→ WHAT YOU NEED TO DO
All lines from the start of the listing below through the line containing "result ≡ digit_of" are to be written out again exactly, and no others.

→ DATA EXCERPTS
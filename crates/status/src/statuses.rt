// How a run ended, and the digit that says it (docs/LINES.md, "The status"). Meaning: specs/Statuses.antt. Refusals: none.
ghost use Rattle.std.specs.Prelude.{◌≡◌};
ghost use Rattle.status.specs.Statuses.{status_of, worse_of, digit_of};

// All is well; the tool said refused, rejected, none or error, or could not write; it was called wrongly.
#[derive(Clone, Copy)]
pub enum Status {
    Good,
    Failed,
    Usage,
}

impl Status {
    // Gives the status of a run, or of a part of it, that went well or did not.
    // Tables: none. Refusals: none.
    pub fn of(well: bool) -> Status
        ensures status { result ≡ status_of well }
    {
        if well {
            return Status::Good;
        }
        Status::Failed
    }

    // Gives the status of a part and what came before it: what went wrong stays so. This is no derived order: of two that went wrong the first stays.
    // Tables: none. Refusals: none.
    pub fn after(self, before: Status) -> Status
        ensures status { result ≡ worse_of before self }
    {
        match before {
            Status::Good => self,
            Status::Failed => Status::Failed,
            Status::Usage => Status::Usage,
        }
    }

    // Gives the digit.
    // Tables: none. Refusals: none.
    pub fn digit(self) -> u8
        ensures digit { result ≡ digit_of self }
    {
        match self {
            Status::Good => b'0',
            Status::Failed => b'1',
            Status::Usage => b'2',
        }
    }
}
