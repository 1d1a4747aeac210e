// Whether the bytes at a place are kept (02 c). Meaning: specs/Pieces.antt. Refusals: none.
ghost use Rattle.std.specs.Prelude.{◌≡◌};
ghost use Rattle.salvage.specs.Pieces.{in_time};
ghost use Rattle.salvage.specs.Machine.{place_of};

use records::{LAST_BUS, read_record};
use words::{Moment, Ticks};

// "at most 100,000,000 ticks after it"
const STEP_MOST: Ticks = Ticks(100_000_000);

// Says whether a record of that time may be kept behind the one that was kept last, of either bus: "(the first kept may have any time)".
#[tactic(auto, using(words::proofs::Orders::le_test))]
fn allows(last: Option<Moment>, time: Moment) -> bool
    ensures answer { result ≡ in_time last time.0 }
{
    match last {
        Some(before) => (before <= time) & (time.since(before) <= STEP_MOST),
        None => true,
    }
}

// Gives the time of the record that is kept where the bytes begin; or, where a byte is skipped, how many records stand there that are refused for their time alone,
// one or none.
#[tactic(auto, unfolding(crate::specs::Machine::place_of))]
pub(crate) fn choose(last: Option<Moment>, bytes: &[u8]) -> Result<Moment, usize>
    ensures place { result ≡ place_of last bytes.now }
{
    let Ok(record) = read_record(bytes, LAST_BUS) else {
        return Err(0);
    };
    let time = record.time;
    if allows(last, time) {
        return Ok(time);
    }
    Err(1)
}
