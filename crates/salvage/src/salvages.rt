// The machine: fed any chunk, asked for what is settled, ended (02 c). Meaning: specs/Machine.antt. Refusals: none.
ghost use Rattle.std.specs.Prelude.{◌≡◌};
ghost use Rattle.windows.specs.Windows.{filled_room};
ghost use Rattle.salvage.specs.Pieces.{after_first, first_in, version_of, run_in};
ghost use Rattle.salvage.specs.Machine.{settled_kept, settled_skipped, run_ended, size_of, gathered_of, begun_of};
ghost use Rattle.salvage.specs.Machine.{start_of, fed_of, room_of, asked_of, is_settled_of, is_changed, totals_of, ended_of};

use crate::stretches::{Stretch, keep_stretch, skip_stretch};
use records::{RECORD_BYTES, VERSION};
use std::num::wrapping_add_u64;
use windows::Window;
use words::Moment;

// The first byte of the file: none has come, it is 1, or it is another.
#[derive(Clone, Copy, Debug, PartialEq, Eq)]
pub enum First {
    Missing,
    Kept,
    Changed,
}

impl First {
    // Says what the first byte is of a file that begins with these bytes.
    // Tables: bytes is only read. Refusals: none.
    pub fn of(bytes: &[u8]) -> First
        ensures first { result ≡ first_in bytes.now }
    {
        if bytes.len() == 0 {
            return First::Missing;
        }
        if bytes[0] == VERSION {
            return First::Kept;
        }
        First::Changed
    }

    // Gives the version byte of the clean file, which goes before the bytes to keep.
    // Tables: none. Refusals: none.
    #[tactic(auto, unfolding(crate::specs::Pieces::version_of))]
    pub fn version(self) -> u8
        ensures version { result ≡ version_of self }
    {
        VERSION
    }

    // Says whether the first byte is listed as changed.
    // Tables: none. Refusals: none.
    #[tactic(auto, unfolding(crate::specs::Machine::is_changed))]
    pub fn is_changed(self) -> bool
        ensures answer { result ≡ is_changed self }
    {
        !matches!(self, First::Kept)
    }
}

// Skipped bytes that stand together: the place of the first, counted from 0 in the damaged file, and how many they are.
#[derive(Clone, Copy)]
pub struct Run {
    pub place: u64,
    pub length: u64,
}

// What is settled so far: the time of the record that was kept last, of either bus; the run that reaches up to here; and how many records were kept and bytes
// skipped. Where a record was kept right before, the run has length 0, and is no Option: its place says up to where all is settled.
#[derive(Clone, Copy)]
pub struct Settled {
    pub last: Option<Moment>,
    pub run: Run,
    pub records: u64,
    pub skipped: u64,
}

// The machine. The bytes that wait stand in a window of the caller's room: it is lent the same room each time, of 16 bytes or more, and
// nobody else writes there.
#[derive(Clone, Copy)]
pub struct Salvage {
    pub first: First,
    pub settled: Settled,
    pub window: Window,
}

// The machine after a chunk, and how many bytes of the chunk it took.
#[derive(Clone, Copy)]
pub struct Fed {
    pub salvage: Salvage,
    pub taken: usize,
}

// The machine after a question; the run that has ended, if one has; where in the room the bytes to keep stand, and how
// many: they come behind the run; and at how many places of the bytes skipped behind those a record stands that is refused for its time
// alone. They all stand there until the next feed.
#[derive(Clone, Copy)]
pub struct Progress {
    pub salvage: Salvage,
    pub run: Option<Run>,
    pub from: usize,
    pub kept: usize,
    pub strays: usize,
}

// What the bytes that were taken came to as a file: its first byte, the run at its end, if it ends in one, records kept, bytes skipped, its size.
#[derive(Clone, Copy)]
pub struct Totals {
    pub first: First,
    pub run: Option<Run>,
    pub records: u64,
    pub skipped: u64,
    pub bytes: u64,
}

impl Run {
    // Gives the run, where it has a byte.
    #[tactic(auto, unfolding(crate::specs::Pieces::run_in))]
    fn some(self) -> Option<Run>
        ensures run { result ≡ run_in self }
    {
        if self.length == 0 {
            return None;
        }
        Some(self)
    }
}

impl Settled {
    // Gives what is settled with a stretch of records more.
    #[tactic(auto, unfolding(crate::specs::Machine::settled_kept))]
    fn keep(self, stretch: Stretch) -> Settled
        ensures settled { result ≡ settled_kept self stretch }
    {
        if stretch.bytes == 0 {
            return self;
        }
        let records = stretch.bytes / RECORD_BYTES;
        let end = wrapping_add_u64(self.run.place, self.run.length);
        let place = wrapping_add_u64(end, stretch.bytes as u64);
        Settled {
            last: stretch.last,
            run: Run { place, length: 0 },
            records: wrapping_add_u64(self.records, records as u64),
            skipped: self.skipped,
        }
    }

    // Gives what is settled with so many skipped bytes more.
    fn skip(self, bytes: u64) -> Settled
        ensures settled { result ≡ settled_skipped self bytes }
    {
        Settled {
            last: self.last,
            run: Run {
                place: self.run.place,
                length: wrapping_add_u64(self.run.length, bytes),
            },
            records: self.records,
            skipped: wrapping_add_u64(self.skipped, bytes),
        }
    }

    // Gives the run that a stretch of records ends.
    #[tactic(auto, unfolding(crate::specs::Machine::run_ended))]
    fn ended(self, stretch: Stretch) -> Option<Run>
        ensures run { result ≡ run_ended self stretch }
    {
        if stretch.bytes == 0 {
            return None;
        }
        self.run.some()
    }
}

// Gives the size of the file at whose end the run stands.
#[tactic(auto, unfolding(crate::specs::Machine::size_of))]
fn file_size(first: First, run: Run) -> u64
    ensures bytes { result ≡ size_of first run }
{
    let size = wrapping_add_u64(run.place, run.length);
    match first {
        First::Missing => 0,
        First::Kept | First::Changed => size,
    }
}

impl Salvage {
    // Gives the machine before any byte.
    // Tables: none. Refusals: none.
    pub fn start() -> Salvage
        ensures salvage { result ≡ start_of }
    {
        Salvage {
            first: First::Missing,
            settled: Settled {
                last: None,
                run: Run {
                    place: 1,
                    length: 0,
                },
                records: 0,
                skipped: 0,
            },
            window: Window::empty(),
        }
    }

    // Puts bytes behind those that wait, as far as the room holds them.
    fn gather(self, first: First, room: &mut [u8], chunk: &[u8]) -> Fed
        ensures fed { result ≡ gathered_of self first room.old chunk.now }
        ensures room { room.new ≡ filled_room self.window room.old chunk.now }
    {
        let filled = self.window.fill(room, chunk);
        Fed {
            salvage: Salvage {
                first,
                settled: self.settled,
                window: filled.window,
            },
            taken: filled.taken,
        }
    }

    // Looks at the file's first byte, where there is one, and puts those behind it into the room.
    fn begin(self, room: &mut [u8], chunk: &[u8]) -> Fed
        ensures fed { result ≡ begun_of self room.old chunk.now }
        ensures room { room.new ≡ filled_room self.window room.old (after_first chunk.now) }
    {
        if chunk.len() == 0 {
            return self.gather(First::Missing, room, chunk);
        }
        let fed = self.gather(First::of(chunk), room, &chunk[1..]);
        Fed {
            salvage: fed.salvage,
            taken: fed.taken + 1,
        }
    }

    // Feeds the next bytes of the file, and gives how many of them were taken: all that the room holds. The others are fed again once
    // `ask` has settled what waits.
    // Tables: room holds the bytes that wait, old and new, at its front, and is else as before; chunk is only read. Refusals: none.
    pub fn feed(self, room: &mut [u8], chunk: &[u8]) -> Fed
        ensures fed { result ≡ fed_of self room.old chunk.now }
        ensures room { room.new ≡ room_of self room.old chunk.now }
    {
        // each state has an arm, as it has a line in the definition
        match self.first {
            First::Missing => self.begin(room, chunk),
            First::Kept => self.gather(First::Kept, room, chunk),
            First::Changed => self.gather(First::Changed, room, chunk),
        }
    }

    // Settles the next bytes that wait: a stretch of records to keep, then bytes to skip. It is asked until `is_settled`. The version byte is
    // no part of what it gives.
    // Tables: room is only read. Refusals: none.
    pub fn ask(self, room: &[u8]) -> Progress
        ensures progress { result ≡ asked_of self room.now }
    {
        let window = self.window;
        let waiting = window.bytes(room);
        let before = self.settled;
        let stretch = keep_stretch(before.last, waiting);
        let behind = stretch.bytes;
        let skipped = skip_stretch(stretch.last, &waiting[behind..]);
        let after = window.after(behind + skipped.bytes);
        let settled = before.keep(stretch).skip(skipped.bytes as u64);
        Progress {
            salvage: Salvage {
                first: self.first,
                settled,
                window: after,
            },
            run: before.ended(stretch),
            from: window.from,
            kept: behind,
            strays: skipped.strays,
        }
    }

    // Says whether everything that can be settled is: fewer than 16 bytes wait.
    // Tables: none. Refusals: none.
    #[tactic(auto, unfolding(crate::specs::Machine::is_settled_of))]
    pub fn is_settled(self) -> bool
        ensures answer { result ≡ is_settled_of self }
    {
        self.window.count() < RECORD_BYTES
    }

    // Gives what the file came to, where the bytes that wait are skipped.
    #[tactic(auto, unfolding(crate::specs::Machine::totals_of))]
    fn total(self) -> Totals
        ensures totals { result ≡ totals_of self }
    {
        let after = self.settled.skip(self.window.count() as u64);
        Totals {
            first: self.first,
            run: after.run.some(),
            records: after.records,
            skipped: after.skipped,
            bytes: file_size(self.first, after.run),
        }
    }

    // Gives what the file came to, where it has no more bytes: those that wait are skipped. While 16 or more wait, it is too early. Whether more of the file would
    // come the caller alone knows.
    // Tables: none. Refusals: none.
    #[tactic(auto, unfolding(crate::specs::Machine::ended_of))]
    pub fn end(self) -> Option<Totals>
        ensures ended { result ≡ ended_of self }
    {
        if self.is_settled() {
            return Some(self.total());
        }
        None
    }
}
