//! The nodes of a tree that run in one process, on the codes of its `seq` modules.
#![tactic(auto)]

pub mod leaves;
pub mod table;
pub mod units;

pub use table::UnitTable;
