// Tables of units run the leaves of a walk, of which nothing is noted.

use crate::table::UnitTable;
use p3l_base::{NoMemory, Outcome, Words};
use p3l_skel::outcome::rescue;
use p3l_walk::Leaves;
use std::alloc::Global;

impl<'t> Leaves for UnitTable<'t> {
    ghost use Rattle.std.specs.Prelude.{◌≡◌, false};
    ghost use Rattle.p3l_units.specs.Table.{leaf};
    ghost use Rattle.p3l_units.specs.laws.Leaf.{gives_outs};

    type Tally = ();

    ghost tree = { λ table. table.tree };

    ghost leaf = { leaf };

    ghost steps = { λ table home words. 0 };

    ghost noted = { λ tally note. tally };

    ghost may_want = { false };

    ghost gives_outs = { gives_outs };

    fn run(
        &self,
        alloc: Global,
        _tally: &mut (),
        node: u32,
        words: &Words,
    ) -> Result<Outcome, NoMemory> {
        let tree = self.tree();
        let Some(found) = tree.node(node) else {
            unreachable!();
        };
        let outcome = self.run_body(alloc, node, words)?;
        rescue(alloc, tree, found, outcome)
    }

    fn note_turn(_tally: &mut (), _home: u32, _number: u32)
        ensures { _tally.new ≡ _tally.old }
    {}
}
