// Tables of units.

ghost use Rattle.std.specs.Prelude.{◌≡◌, ◌<◌, length, IfSome, Some};
ghost use Rattle.p3l_base.specs.Memory.{IfGiven};
ghost use Rattle.std.specs.List.{All};
ghost use Rattle.p3l_skel.specs.declared.tree.Form.TheVariants as forms;
ghost use Rattle.p3l_skel.specs.Tree.{node_at};
ghost use Rattle.p3l_skel.specs.Lawful.{IsLawfulTree};
ghost use Rattle.p3l_units.specs.Table.{ArePlaced, code_of, DoesNode, HasBareNodes, HasCode, HasPlaces, IsBareNode, leaf, LeavesAreRuns, one_if_seq};

use p3l_base::{List, NoMemory, Outcome, Words};
use p3l_code::SafeCode;
use p3l_registers::{Executable, RegisterCode};
use p3l_skel::{Form, ModuleKind, Tree};
use std::alloc::Global;
use std::marker::Model;

/// The sequential nodes of a lawful tree, which run on a code for each `seq` module. Contracts see
/// the tree, and the codes in the order of the modules.
#[derive(Drop)]
pub struct UnitTable<'t> {
    tree: &'t Tree,
    codes: List<Executable>,
    // For each module, how many `seq` modules are before it.
    places: List<u32>,
    // For each node, the code that does all of its work in registers, if one does.
    bare_nodes: List<Option<BareNode>>,
}

/// A `seq` node whose code runs in registers and whose module rescues no trap: a run of the code is
/// all that it does.
#[derive(Clone, Copy, Drop)]
pub struct BareNode {
    /// The place of its code among the codes of the table.
    pub place: u32,
    pub module: u32,
}

impl<'t> Model for UnitTable<'t> {
    ghost use Rattle.p3l_units.specs.Table.{Served, IsTable};

    ghost Value = { Served };

    ghost view = { λ it. record { tree = it.tree.now; codes = it.codes } };

    ghost invariant = { λ it. IsTable it.tree.now it.codes it.places it.bare_nodes };
}

impl<'t> UnitTable<'t> {
    /// The table of a tree and the codes of its `seq` modules, one for each in their order.
    pub fn new(
        alloc: Global,
        tree: &'t Tree,
        codes: List<SafeCode>,
    ) -> Result<UnitTable<'t>, NoMemory>
        requires lawful { IsLawfulTree tree.now }
        requires codes { All (HasCode (record { tree = tree.now; codes = codes })) tree.now.nodes }
        ensures { IfGiven result (λ table. table ≡ record { tree = tree.now; codes = codes }) }
    {
        let places = code_places(alloc, tree)?;
        let codes = executables(alloc, codes)?;
        let bare_nodes = bare_nodes(alloc, tree, places.as_slice(), codes.as_slice())?;
        Ok(UnitTable {
            tree,
            codes,
            places,
            bare_nodes,
        })
    }

    /// The tree that the table serves.
    pub fn tree(&self) -> &Tree
        ensures tree { result.now ≡ self.now.tree }
        ensures lawful { IsLawfulTree result.now }
    {
        self.tree
    }

    /// The code of a `seq` node that runs in registers and whose module rescues no trap, and that
    /// module: a run of the code is all that such a node does.
    #[inline(always)]
    pub(crate) fn bare_code(&self, node: u32) -> Option<(&RegisterCode, u32)>
        requires { node < length self.now.tree.nodes }
        ensures { IfSome result (λ bare. DoesNode self.now node bare.0.now bare.1) }
    {
        let bare = self.bare_nodes.as_slice()[node as usize]?;
        let code = self.codes.as_slice()[bare.place as usize].in_registers()?;
        Some((code, bare.module))
    }

    /// Runs the code of a `seq` node.
    pub fn run_body(&self, alloc: Global, node: u32, words: &Words) -> Result<Outcome, NoMemory>
        requires there { node < length self.now.tree.nodes }
        requires form { (node_at self.now.tree node).form ≡ forms.Seq }
        requires fits { length words.now ≡ (node_at self.now.tree node).ins }
        ensures { IfGiven result (λ outcome. outcome
            ≡ leaf self.now (node_at self.now.tree node).«module» words.now) }
    {
        let Some(found) = self.tree.node(node) else {
            unreachable!();
        };
        let code = self.code_of(node, found.module);
        code.run(alloc, found.module, words)
    }

    // The code of a `seq` node of this module.
    #[inline(always)]
    fn code_of(&self, node: u32, module: u32) -> &Executable
        requires there { node < length self.now.tree.nodes }
        requires form { (node_at self.now.tree node).form ≡ forms.Seq }
        requires own { «module» ≡ (node_at self.now.tree node).«module» }
        ensures { code_of self.now (node_at self.now.tree node).«module» ≡ Some result.now }
    {
        let place = self.places.as_slice()[module as usize];
        &self.codes.as_slice()[place as usize]
    }
}

// The codes, each made ready to run.
fn executables(alloc: Global, codes: List<SafeCode>) -> Result<List<Executable>, NoMemory>
    ensures { IfGiven result (λ executables. executables ≡ codes) }
{
    let mut executables = List::new(alloc);
    for code in codes.into_vec() {
        executables.push(Executable::new(alloc, code)?)?;
    }
    Ok(executables)
}

// For each module, how many `seq` modules are before it.
fn code_places(alloc: Global, tree: &Tree) -> Result<List<u32>, NoMemory>
    requires { IsLawfulTree tree.now }
    ensures { IfGiven result (HasPlaces tree.now.modules) }
{
    let mut places = List::new(alloc);
    let mut before = 0;
    for info in tree.modules.as_slice() {
        places.push(before)?;
        before += one_if_seq(info.kind);
    }
    Ok(places)
}

// For each node, the code that does all of its work in registers, if one does.
fn bare_nodes(
    alloc: Global,
    tree: &Tree,
    places: &[u32],
    codes: &[Executable],
) -> Result<List<Option<BareNode>>, NoMemory>
    requires { ArePlaced tree.now codes.now places.now }
    ensures { IfGiven result (HasBareNodes (record { tree = tree.now; codes = codes.now })) }
{
    let mut bare_nodes = List::new(alloc);
    for node in 0..tree.nodes.len() {
        bare_nodes.push(bare_node(tree, places, codes, node))?;
    }
    Ok(bare_nodes)
}

// The code that does all of a node's work in registers, if one does.
fn bare_node(tree: &Tree, places: &[u32], codes: &[Executable], node: usize) -> Option<BareNode>
    requires placed { ArePlaced tree.now codes.now places.now }
    requires there { node < length tree.now.nodes }
    ensures { IfSome result (IsBareNode (record { tree = tree.now; codes = codes.now }) node) }
{
    let found = &tree.nodes.as_slice()[node];
    let Form::Seq = found.form else {
        return None;
    };
    if tree.rescue_of(found.module).is_some() {
        return None;
    }
    let place = places[found.module as usize];
    if !codes[place as usize].is_in_registers() {
        return None;
    }
    Some(BareNode {
        place,
        module: found.module,
    })
}

// 1 for a `seq` module, else 0.
fn one_if_seq(kind: ModuleKind) -> u32
    ensures { result ≡ one_if_seq kind }
{
    match kind {
        ModuleKind::Seq => 1,
        _ => 0,
    }
}

/// A law of the codes of a tree: on the words that it takes, the code of a `seq` node makes of them
/// what the machine makes of them.
pub fn leaves_are_runs()
    ensures { LeavesAreRuns }
{}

→ RESPONSE TO THIS EXERCISE
filename crates/status/src/statuses.rt
// How a run ended, and the digit that says it (docs/LINES.md, "The status"). Meaning: specs/Statuses.antt. Refusals: none.
ghost use Rattle.std.specs.Prelude.{◌≡◌};
ghost use Rattle.status.specs.Statuses.{status_of, worse_of, digit_of};

// All is well; the tool said refused, rejected, none or error, or could not write; it was called wrongly.
#[derive(Clone, Copy)]
pub enum Status {
    Good,
    Failed,
    Usage,
}

impl Status {
    // Gives the status of a run, or of a part of it, that went well or did not.
    // Tables: none. Refusals: none.
    pub fn of(well: bool) -> Status
        ensures status { result ≡ status_of well }
    {
        if well {
            return Status::Good;
        }
        Status::Failed
    }

    // Gives the status of a part and what came before it: what went wrong stays so. This is no derived order: of two that went wrong the first stays.
    // Tables: none. Refusals: none.
    pub fn after(self, before: Status) -> Status
        ensures status { result ≡ worse_of before self }
    {
        match before {
            Status::Good => self,
            Status::Failed => Status::Failed,
            Status::Usage => Status::Usage,
        }
    }

    // Gives the digit.
    // Tables: none. Refusals: none.
    pub fn digit(self) -> u8
        ensures digit { result ≡ digit_of self }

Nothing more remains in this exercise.